Exercise aim
For the word "RouteTable", work out how many lines in the records below contain it and state that count alone.

Data supplied
════════════════

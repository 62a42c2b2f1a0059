//! Nodes with the contents that an image has for them.

ghost use Rattle.std.specs.Prelude.{◌≡◌, ◌<◌, ◌++◌, ℕ, [], length, map, slice_get, None, Some};
ghost use Rattle.std.specs.Prelude.{IfOk, IsOkUnless, IsTrue, OnOk};
ghost use Rattle.atp.specs.Requesting.{known};
ghost use Rattle.audit.specs.Rules.{Passes};
ghost use Rattle.image_stations.specs.Holders.{HoldsNode, choice_on, named};
ghost use Rattle.image_stations.specs.Plans.{is_seated};
ghost use Rattle.nbp.specs.Registered.{IsNames};
ghost use Rattle.table_image.specs.Bounds.{IsBounded};

use crate::plans::plan_of;
use at_base::Error;
use end_node::EndNode;
use nbp::{Named, Names};
use std::alloc::Global;
use table_image::{Image, Node, NodeName};

/// A node's name, from a name in the image.
fn name_of(name: &NodeName) -> Named
    ensures { result ≡ named name.now }
{
    Named {
        socket: name.socket,
        enumerator: name.enumerator,
        object: name.object,
        kind: name.kind,
    }
}

/// Appends a node's names, from names in the image.
fn put_names(names: &mut Vec<Named>, some: &[NodeName]) -> Result<(), Error>
    ensures put { OnOk result (names.new.items ≡ names.old.items ++ map named some.now) }
    ensures refused { IsOkUnless result Error.Memory }
{
    match some {
        [] => Ok(()),
        [name, rest @ ..] => {
            names.push(name_of(name))?;
            put_names(names, rest)
        }
    }
}

/// The names of a node. Error: `Memory`.
fn names_of(alloc: Global, some: &[NodeName]) -> Result<Names, Error>
    requires { IsNames (map named some.now) }
    ensures ok { IfOk result (λ names. names ≡ map named some.now) }
    ensures refused { IsOkUnless result Error.Memory }
{
    let mut names = Vec::new(alloc);
    put_names(&mut names, some)?;
    Names::load(alloc, names.as_slice())
}

/// A node with the contents that the image has for it. Error: `Memory`.
fn node_by(alloc: Global, image: &Image, node: &Node) -> Result<EndNode, Error>
    requires seated { IsTrue (is_seated image.now.cables node.now.cable node.now.address) }
    requires names { IsNames (map named node.now.names) }
    ensures port { IfOk result (λ made.
        made.port ≡ choice_on image.now node.now.cable node.now.address node.now.hardware) }
    ensures zone { IfOk result (λ made. made.zone ≡ node.now.zone) }
    ensures router { IfOk result (λ made. made.router ≡ node.now.router) }
    ensures named { IfOk result (λ made. made.names ≡ map named node.now.names) }
    ensures fresh { IfOk result (λ made. made.received ≡ []) }
    ensures first { IfOk result (λ made. made.asks.next ≡ 1) }
    ensures none { IfOk result (λ made. (id : ℕ) → known id made.asks.slots ≡ None) }
    ensures refused { IsOkUnless result Error.Memory }
{
    let plan = plan_of(image, node.cable, node.address, node.hardware);
    let names = names_of(alloc, node.names.as_slice())?;
    EndNode::new(alloc, &plan, node.zone, node.router, names)
}

/// The image's entry for a node.
fn tables_of(image: &Image, index: u8) -> &Node
    requires { index < length image.now.nodes }
    ensures known { slice_get image.now.nodes index ≡ Some result.now }
    ensures bounded { IsBounded image.now }
{
    &image.nodes()[index as usize]
}

/// A node with the contents that an image that passes the audit has for it. `index` counts the
/// image's nodes from 0. Error: `Memory`.
pub fn node_of(alloc: Global, image: &Image, index: u8) -> Result<EndNode, Error>
    requires passes { Passes image.now }
    requires there { index < length image.now.nodes }
    ensures ok { IfOk result (λ node. HoldsNode image.now index node × (node.received ≡ [])) }
    // The node has sent no requests yet.
    ensures first { IfOk result (λ node. node.asks.next ≡ 1) }
    ensures none { IfOk result (λ node. (id : ℕ) → known id node.asks.slots ≡ None) }
    ensures refused { IsOkUnless result Error.Memory }
{
    node_by(alloc, image, tables_of(image, index))
}
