//! The state of a router.

use crate::texts::put_row;
use at_base::{Addr, Name, Range};
use case_words::{Answer, Stop, Words, put_text};
use router::{Hand, Router};
use rtmp::RouteTable;
use station::Station;
use std::alloc::AllocError;
use zip_zones::ZoneTable;

/// Appends the address of a port, or that it has none.
fn put_own(text: &mut String, own: Option<Addr>) -> Result<(), AllocError> {
    match own {
        Some(own) => writeln!(text, "{own}"),
        None => writeln!(text, "none"),
    }
}

/// Appends a line for each port.
fn put_ports<T: RouteTable>(text: &mut String, router: &Router<T>) -> Result<(), AllocError> {
    for port in 0..router.ports() {
        write!(text, "port {port} ")?;
        put_own(text, router.own(port))?;
    }
    Ok(())
}

fn put_rows<T: RouteTable>(text: &mut String, routes: &T) -> Result<(), AllocError> {
    if routes.len() == 0 {
        return writeln!(text, "none");
    }
    for index in 0..routes.len() {
        if let Some(row) = routes.row(index) {
            put_row(text, &row)?;
        }
    }
    Ok(())
}

/// Appends zone names, separated by semicolons, and the end of a line.
fn put_names(text: &mut String, names: &[Name]) -> Result<(), AllocError> {
    let mut mark = "";
    for name in names {
        write!(text, "{mark} ")?;
        put_text(text, name.as_slice())?;
        mark = ";";
    }
    writeln!(text)
}

/// Appends the line of the list of a range.
fn put_list(text: &mut String, zones: &ZoneTable, range: Range) -> Answer {
    let net = range.start();
    let word = if zones.complete(net) {
        "complete"
    } else {
        "incomplete"
    };
    let names = zones.names_of(net)?;
    write!(text, "{range} {word}")?;
    put_names(text, names.as_slice())?;
    Ok(())
}

fn put_lists(text: &mut String, zones: &ZoneTable) -> Answer {
    if zones.len() == 0 {
        writeln!(text, "none")?;
    }
    for index in 0..zones.len() {
        if let Some(range) = zones.range_at(index) {
            put_list(text, zones, range)?;
        }
    }
    Ok(())
}

fn put_hand(text: &mut String, hand: Hand) -> Result<(), AllocError> {
    match hand {
        Hand::Here(port) => writeln!(text, "here on port {port}"),
        Hand::On(port, router) => writeln!(text, "on by port {port} to {router}"),
        Hand::Nowhere => writeln!(text, "nowhere"),
    }
}

/// Appends the answer to a question.
pub(crate) fn ask_router<T: RouteTable>(
    router: &Router<T>,
    mut words: Words<'_>,
    text: &mut String,
) -> Answer {
    match words.word() {
        "ports" => put_ports(text, router)?,
        "own" => put_own(text, router.own(words.number()?))?,
        "rows" => put_rows(text, router.routes())?,
        "row-count" => {
            let count = router.routes().len();
            writeln!(text, "{count}")?;
        }
        "lists" => put_lists(text, router.zones())?,
        "hand" => put_hand(text, router.hand(words.number()?))?,
        _ => return Err(Stop::Unclear),
    }
    Ok(())
}
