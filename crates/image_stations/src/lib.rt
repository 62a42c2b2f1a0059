//! The stations of an internet with the tables of an image: where they are, and which tables they
//! hold.
#![tactic(auto)]

mod building;
mod nodes;
mod plans;
mod routers;
mod seats;
mod whereabouts;

pub use building::stations_of;
pub use nodes::node_of;
pub use routers::router_of;
pub use seats::seats_of;
pub use whereabouts::Whereabouts;
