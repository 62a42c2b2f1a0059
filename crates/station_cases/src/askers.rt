//! Stations that ask: how a case begins one, and what is told of its questions.

use at_base::{Addr, Text32};
use case_words::{Answer, Stop, Words, put_text};
use rtmp::Horizon;
use std::alloc::{AllocError, Global};
use survey::{Aim, Asker, First, Open, Pattern, Question, Sought, Stage, Told, Wanted};
use zip_zones::ZoneFunction;

/// The aim of a station that asks one question, so often anew.
fn once(to: Option<Addr>, wanted: Wanted, times: u16) -> Aim {
    Aim {
        first: Some(First { to, wanted, times }),
        spreads: false,
        pattern: None,
    }
}

/// An address, or the router where there is none.
fn whom(words: &mut Words<'_>) -> Result<Option<Addr>, Stop> {
    if words.is_empty() {
        return Ok(None);
    }
    Ok(Some(words.addr()?))
}

/// What lists of zones are asked for, from their first name on.
fn list(words: &mut Words<'_>) -> Result<Wanted, Stop> {
    match words.word() {
        "all" => Ok(Wanted::List(ZoneFunction::GetZoneList, 1)),
        "local" => Ok(Wanted::List(ZoneFunction::GetLocalZones, 1)),
        "mine" => Ok(Wanted::List(ZoneFunction::GetMyZone, 0)),
        _ => Err(Stop::Unclear),
    }
}

/// Names of every object and type.
fn every(alloc: Global, words: &mut Words<'_>) -> Result<Pattern, Stop> {
    Ok(Pattern {
        object: words.text32(alloc)?,
        kind: words.text32(alloc)?,
    })
}

/// Names in a zone.
fn names(alloc: Global, words: &mut Words<'_>) -> Result<Aim, Stop> {
    let sought = Sought {
        object: words.text32(alloc)?,
        kind: words.text32(alloc)?,
        zone: words.text32(alloc)?,
    };
    Ok(once(None, Wanted::Names(sought), 1))
}

/// Names in the zones that are learnt; the station's own zone is asked for first.
fn search(alloc: Global, words: &mut Words<'_>) -> Result<Aim, Stop> {
    let first = once(None, Wanted::List(ZoneFunction::GetMyZone, 0), 1);
    Ok(Aim {
        pattern: Some(every(alloc, words)?),
        ..first
    })
}

/// All that routers hold, and the names in all zones.
fn survey(alloc: Global, words: &mut Words<'_>) -> Result<Aim, Stop> {
    Ok(Aim {
        first: None,
        spreads: true,
        pattern: Some(every(alloc, words)?),
    })
}

/// What a station is to ask, as `echo 10.2 times 3`, `routes`, `zones mine` or `survey "=" "="`.
fn aim(alloc: Global, words: &mut Words<'_>) -> Result<Aim, Stop> {
    match words.word() {
        "echo" => {
            let to = words.addr()?;
            Ok(once(Some(to), Wanted::Echo, words.named("times")?))
        }
        "routes" => Ok(once(whom(words)?, Wanted::Routes(Horizon::Whole), 1)),
        "zones" => Ok(once(None, list(words)?, 1)),
        "names" => names(alloc, words),
        "search" => search(alloc, words),
        "survey" => survey(alloc, words),
        _ => Err(Stop::Unclear),
    }
}

/// The station that asks, as `020000000077 echo 10.2 times 1`.
pub(crate) fn asker_of(alloc: Global, words: &mut Words<'_>) -> Result<Asker, Stop> {
    let hw = words.hw()?;
    let aim = aim(alloc, words)?;
    Ok(Asker::new(alloc, hw, &aim)?)
}

/// Appends what is asked.
fn put_wanted(text: &mut String, wanted: &Wanted) -> Result<(), AllocError> {
    match wanted {
        Wanted::Echo => write!(text, "echo"),
        Wanted::Routes(Horizon::Split) => write!(text, "routes split"),
        Wanted::Routes(Horizon::Whole) => write!(text, "routes whole"),
        Wanted::Zones(net) => write!(text, "zones {net}"),
        Wanted::List(function, start) => write!(text, "list {} {start}", function.number()),
        Wanted::Names(sought) => {
            write!(text, "names ")?;
            put_text(text, sought.object.as_slice())?;
            write!(text, " ")?;
            put_text(text, sought.kind.as_slice())?;
            write!(text, " ")?;
            put_text(text, sought.zone.as_slice())
        }
    }
}

/// Appends the line of what happened to a question.
fn put_item(text: &mut String, what: &str, item: &Open) -> Result<(), AllocError> {
    let (id, times, to) = (item.id, item.times, item.question.to);
    write!(text, "{what} {id} times {times} to {to} ")?;
    put_wanted(text, &item.question.wanted)?;
    writeln!(text)
}

/// Appends a line for each thing that happened to a question in the last step.
fn put_told(text: &mut String, told: &[Told]) -> Result<(), AllocError> {
    for it in told {
        match it {
            Told::Asked(item) => put_item(text, "asked", item)?,
            Told::Answered(item) => put_item(text, "answered", item)?,
            Told::Silent(item) => put_item(text, "silent", item)?,
        }
    }
    Ok(())
}

/// Appends how far a station has come.
fn put_stage(text: &mut String, asker: &Asker) -> Result<(), AllocError> {
    match asker.stage() {
        Stage::Listens => write!(text, "listens")?,
        Stage::Chooses => write!(text, "chooses")?,
        Stage::Settled(own) => write!(text, "has {own}")?,
    }
    writeln!(text, "{}", if asker.is_through() { ", done" } else { "" })
}

/// Answers a question about the state of a station that asks.
pub(crate) fn ask_asker(asker: &Asker, mut words: Words<'_>, text: &mut String) -> Answer {
    match words.word() {
        "told" => put_told(text, asker.told())?,
        "stage" => put_stage(text, asker)?,
        _ => return Err(Stop::Unclear),
    }
    if text.as_str().is_empty() {
        writeln!(text, "nothing")?;
    }
    Ok(())
}
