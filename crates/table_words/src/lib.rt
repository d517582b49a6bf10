// The words, numbers and flags of the text form.
#![tactic(auto)]

mod flags;
mod lines;
mod numbers;
mod words;

pub use flags::{has_flag, raise};
pub use lines::{LineError, TextError, end_line, owned_words, read_lines};
pub use numbers::{read_number, read_span};
pub use words::{Flag, Worded};
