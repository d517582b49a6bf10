// Texts of lines: each line has words, and a comment from `#` on.
ghost use Rattle.std.specs.Prelude.{◌≡◌, ◌<◌, IfOk, IfErr, MatchResult, string_len, All};
ghost use Rattle.table_words.specs.declared.lines.LineError.TheVariants.{NoMemory};
ghost use Rattle.table_words.specs.Lines.{at_line, NamesLine};

use std::alloc::{AllocError, AllocFailed, Global};
use std::fmt;
use std::str::SplitWhitespace;

/// Why one line does not read: what it should have had in the place where it has something else, or want of memory.
#[derive(Clone, Copy, PartialEq, Eq, Debug)]
pub enum LineError<E> {
    Expected(E),
    NoMemory,
}

impl<E> From<AllocError> for LineError<E> {
    ghost from_gives = { λ _ e. e ≡ NoMemory };

    fn from(_error: AllocError) -> LineError<E> {
        LineError::NoMemory
    }
}

impl<E, T: Drop> From<AllocFailed<T>> for LineError<E> {
    ghost from_gives = { λ _ e. e ≡ NoMemory };

    fn from(_error: AllocFailed<T>) -> LineError<E> {
        LineError::NoMemory
    }
}

impl<E> LineError<E> {
    /// Of the line with this number.
    pub fn at_line(self, line: usize) -> TextError<E>
        ensures { result ≡ at_line self line }
    {
        match self {
            LineError::Expected(expected) => TextError::BadLine { line, expected },
            LineError::NoMemory => TextError::NoMemory,
        }
    }
}

/// Why a text does not read: a bad line by its number, from 1 on, or want of memory.
#[derive(Clone, Copy, PartialEq, Eq, Debug)]
pub enum TextError<E> {
    BadLine { line: usize, expected: E },
    NoMemory,
}

impl<E: fmt::Display> fmt::Display for TextError<E> {
    fn fmt<W: fmt::Write>(&self, f: &mut fmt::Formatter<W>) -> fmt::Result {
        match self {
            TextError::BadLine { line, expected } => write!(f, "line {line}: expected {expected}"),
            TextError::NoMemory => write!(f, "no memory left"),
        }
    }
}

/// Hands over the first word of each line that has one, and the words after it, up to the first line that does not read.
pub fn read_lines<E, F: FnMut(&str, SplitWhitespace<'_>) -> Result<(), LineError<E>>>(
    text: &str,
    mut read: F,
) -> Result<(), TextError<E>>
    requires { F.IsAlwaysCallable read }
    ensures { IfErr result NamesLine }
{
    for (i, line) in text.lines().enumerate() {
        let content = line.split_once('#').map_or(line, |(content, _)| content);
        let mut words = content.split_whitespace();
        if let Some(first) = words.next() {
            read(first, words).map_err(|error| error.at_line(i.saturating_add(1)))?;
        }
    }
    Ok(())
}

/// No word is left, or this was expected in place of the next.
pub fn end_line<E: Drop>(mut words: SplitWhitespace<'_>, end: E) -> Result<(), E>
    ensures { MatchResult result (λ _. (after : _) × ⟦<SplitWhitespace<'static> as Iterator>⟧.next_gives words.entry None after) (λ expected. expected ≡ end) }
{
    match words.next() {
        None => Ok(()),
        Some(_) => Err(end),
    }
}

/// The words of a text, each owned.
pub fn owned_words(heap: Global, text: &str) -> Result<Vec<String>, AllocError>
    ensures { IfOk result (λ words. All (λ word. 0 < string_len word) words.items) }
{
    text.split_whitespace()
        .map(|word| -> Result<String, AllocError> { String::from_str(heap, word) })
        .try_collect(heap)
}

════════════════

Task solution
4